Red Sea goby
- Conservation status: Least Concern (IUCN 3.1)

Scientific classification
- Kingdom: Animalia
- Phylum: Chordata
- Class: Actinopterygii
- Order: Gobiiformes
- Family: Gobiidae
- Genus: Silhouettea
- Species: S. aegyptia
- Binomial name: Silhouettea aegyptia (Chabanaud, 1933
- Synonyms: Gobius lesueuri aegyptius Chabanaud, 1933; Minictenogobiops sinaii Goren, 1978;

= Red Sea goby =

- Authority: (Chabanaud, 1933
- Conservation status: LC
- Synonyms: Gobius lesueuri aegyptius Chabanaud, 1933, Minictenogobiops sinaii Goren, 1978

Species of fish

The Red Sea goby (Silhouettea aegyptia) is a species of true goby from the family Gobiidae. It was once a species confined to the Red Sea but it has colonised the Suez Canal and the south-eastern Mediterranean by Lessepsian migration.

==Description==
The Red Sea goby is marked with many dark vertical spots which have reddish brown edges on a cream background colour. There are 9 or 10 dark spots along the lateral line. It has a short snout and in males the first spine of the first dorsal fin is elongated. There are no scales on the head and nape and there are 24–28 scales in lateral line. It grows to a maximum length of 4-5 cm.

==Distribution==
The Red Sea goby is native to the northern Red Sea.
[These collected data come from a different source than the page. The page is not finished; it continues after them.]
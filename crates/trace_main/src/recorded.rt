//! The scenario of a capture.

ghost use Rattle.std.specs.Prelude.{◌≡◌, ◌≤◌, [], length};
ghost use Rattle.trace_io.specs.Input.{longest_input};
ghost use Rattle.trace_io.specs.declared.words.Task.TheVariants.{Devices};
ghost use Rattle.trace_main.specs.Program.{Begins, Performs};

use std::alloc::Global;
use std::io::Write;
use trace_faults::TextReader;
use trace_io::{Fault, write_bytes};
use trace_recorded::{RecordedScenario, recorded_scenario};
use trace_run::TaskEnd;

/// Prints the devices of a capture, and what they answered, for who reads it. Nothing is printed where the capture isn't read.
#[tactic(auto, using(crate::proofs::Begun::no_recorded, crate::proofs::Reports::capture_refused))]
pub(crate) fn devices<W: Write>(
    alloc: Global,
    reader: TextReader,
    capture: &[u8],
    out: &mut W,
) -> Result<TaskEnd, Fault>
    requires { length capture.now ≤ longest_input }
    ensures ends { Performs (Devices reader) capture.now [] (W.contents out.old) (W.contents out.new) result }
    ensures begun { Begins (Devices reader) capture.now (W.contents out.old) (W.contents out.new) }
{
    let RecordedScenario { text, has_devices } = recorded_scenario(alloc, reader, capture)?;
    write_bytes(out, text.as_slice())?;
    out.flush()?;
    if has_devices {
        return Ok(TaskEnd::Good);
    }
    Ok(TaskEnd::NoDevices)
}
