//! A scenario that is run in threads.

ghost use Rattle.std.specs.Prelude.{◌≡◌, ◌≢◌, ◌≤◌, [], IfErr, IfOk, Ok, OnOk, length};
ghost use Rattle.trace_io.specs.Input.{longest_input};
ghost use Rattle.trace_scenario.specs.Runnable.{IsRunnable};
ghost use Rattle.std.specs.Io.KnownBytes.{Keeps};
ghost use Rattle.trace_io.specs.declared.fault.Fault.TheVariants.{Rounds};
ghost use Rattle.trace_io.specs.declared.words.Task.TheVariants.{Live};
ghost use Rattle.trace_main.specs.Lived.{AppendsCallbacks, AppendsSomeCallbacks, IsOfLive};
ghost use Rattle.trace_main.specs.Program.{Begins, IsAlone, IsSilentAtBad, Performs};
ghost use Rattle.trace_run.specs.declared.tasks.TaskEnd.TheVariants.{BadLines, NoDevices};

use crate::lived::lived;
use crate::source::{Opened, Source};
use std::alloc::Global;
use std::io::Write;
use trace_io::Fault;
use trace_io::print::print;
use trace_left::lines_of;
use trace_run::TaskEnd;
use trace_scenario::Scenario;
use trace_threads::{Performance, Performer};
use usb_core::scripted_setup;

/// Runs a scenario in threads, and prints what its callbacks were told, by handle and number; nothing where more than so many are
/// called. The notes are then the lines of what handles hadn't finished.
fn live_scenario<P: Performer, W: Write>(
    performer: &P,
    alloc: Global,
    scenario: Scenario,
    rounds: u64,
    out: &mut W,
    notes: &mut Vec<u8>,
) -> Result<TaskEnd, Fault>
    requires ready { P.ready performer.now }
    requires runnable { IsRunnable scenario }
    requires none { notes.old.items ≡ [] }
    ensures lines { OnOk result (AppendsCallbacks scenario rounds notes.new.items (W.contents out.old) (W.contents out.new)) }
    ensures begun { AppendsSomeCallbacks scenario rounds (W.contents out.old) (W.contents out.new) }
    ensures good { IfOk result (λ ending. ending ≡ TaskEnd.Good) }
    ensures fault { IfErr result (IsOfLive scenario rounds notes.new.items) }
    ensures alone { IfErr result (IsAlone notes.new.items) }
    ensures silent { IfErr result (λ fault. fault ≡ Rounds rounds → Keeps (W.contents out.old) (W.contents out.new)) }
{
    let Scenario { setup, plan, rules } = scenario;
    let devices = scripted_setup(alloc, setup)?;
    let Performance { told, unfinished } = performer.perform(
        alloc,
        devices,
        plan,
        rules.as_slice(),
        rounds,
    )?;
    let unfinished = lines_of(alloc, unfinished.as_slice())?;
    if told.len() as u64 > rounds {
        *notes = unfinished;
        return Err(Fault::Rounds(rounds));
    }
    print(alloc, out, told.as_slice())?;
    *notes = unfinished;
    Ok(TaskEnd::Good)
}

/// Runs the scenario of a text in threads, and prints what its callbacks were told, by handle and number; nothing where a
/// line is bad, or more than so many are called. The notes are then the lines of what handles hadn't finished.
#[tactic(auto, using(crate::proofs::Begun::nothing_of, crate::proofs::Words::silent_same, crate::proofs::Words::silent_of))]
pub(crate) fn live<P: Performer, W: Write>(
    performer: &P,
    alloc: Global,
    text: &[u8],
    rounds: u64,
    out: &mut W,
    notes: &mut Vec<u8>,
) -> Result<TaskEnd, Fault>
    requires ready { P.ready performer.now }
    requires short { length text.now ≤ longest_input }
    requires none { notes.old.items ≡ [] }
    ensures ends { Performs (Live rounds) text.now notes.new.items (W.contents out.old) (W.contents out.new) result }
    ensures alone { IfErr result (IsAlone notes.new.items) }
    ensures good { result ≢ Ok BadLines }
    ensures kept { result ≢ Ok NoDevices }
    ensures silent { IsSilentAtBad text.now (W.contents out.old) (W.contents out.new) }
    ensures begun { Begins (Live rounds) text.now (W.contents out.old) (W.contents out.new) }
{
    let Opened { source, first } = Source::open(alloc, text)?;
    live_scenario(
        performer,
        alloc,
        lived(alloc, &source, first)?,
        rounds,
        out,
        notes,
    )
}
It was described by Paul Chabanaud in 1933 from type specimens collected in Lake Timsah on the Suez Canal from where it obviously entered the Mediterranean Sea where it was first recorded in Bardawil Lagoon, Egypt, in 1986. It is now rather common from Sinai to Israel.

==Habitat and biology==
The Red Sea goby can be found on sandy substrates in inshore, shallow waters where it feeds on harpacticoid copepods and nematodes, as well as oligochaetes, gastropods and other meiofauna. This species conceals itself by burying itself into the sand up to the level of its eyes. They probably live no longer than 2 years. They reach sexual maturity at a year old. The breeding season is from February to September, peaking in the Red Sea is from May onwards. Females of 2.7-3.25 cm SL carry 305–408 eggs; it is a repeat spawner with an extended breeding season.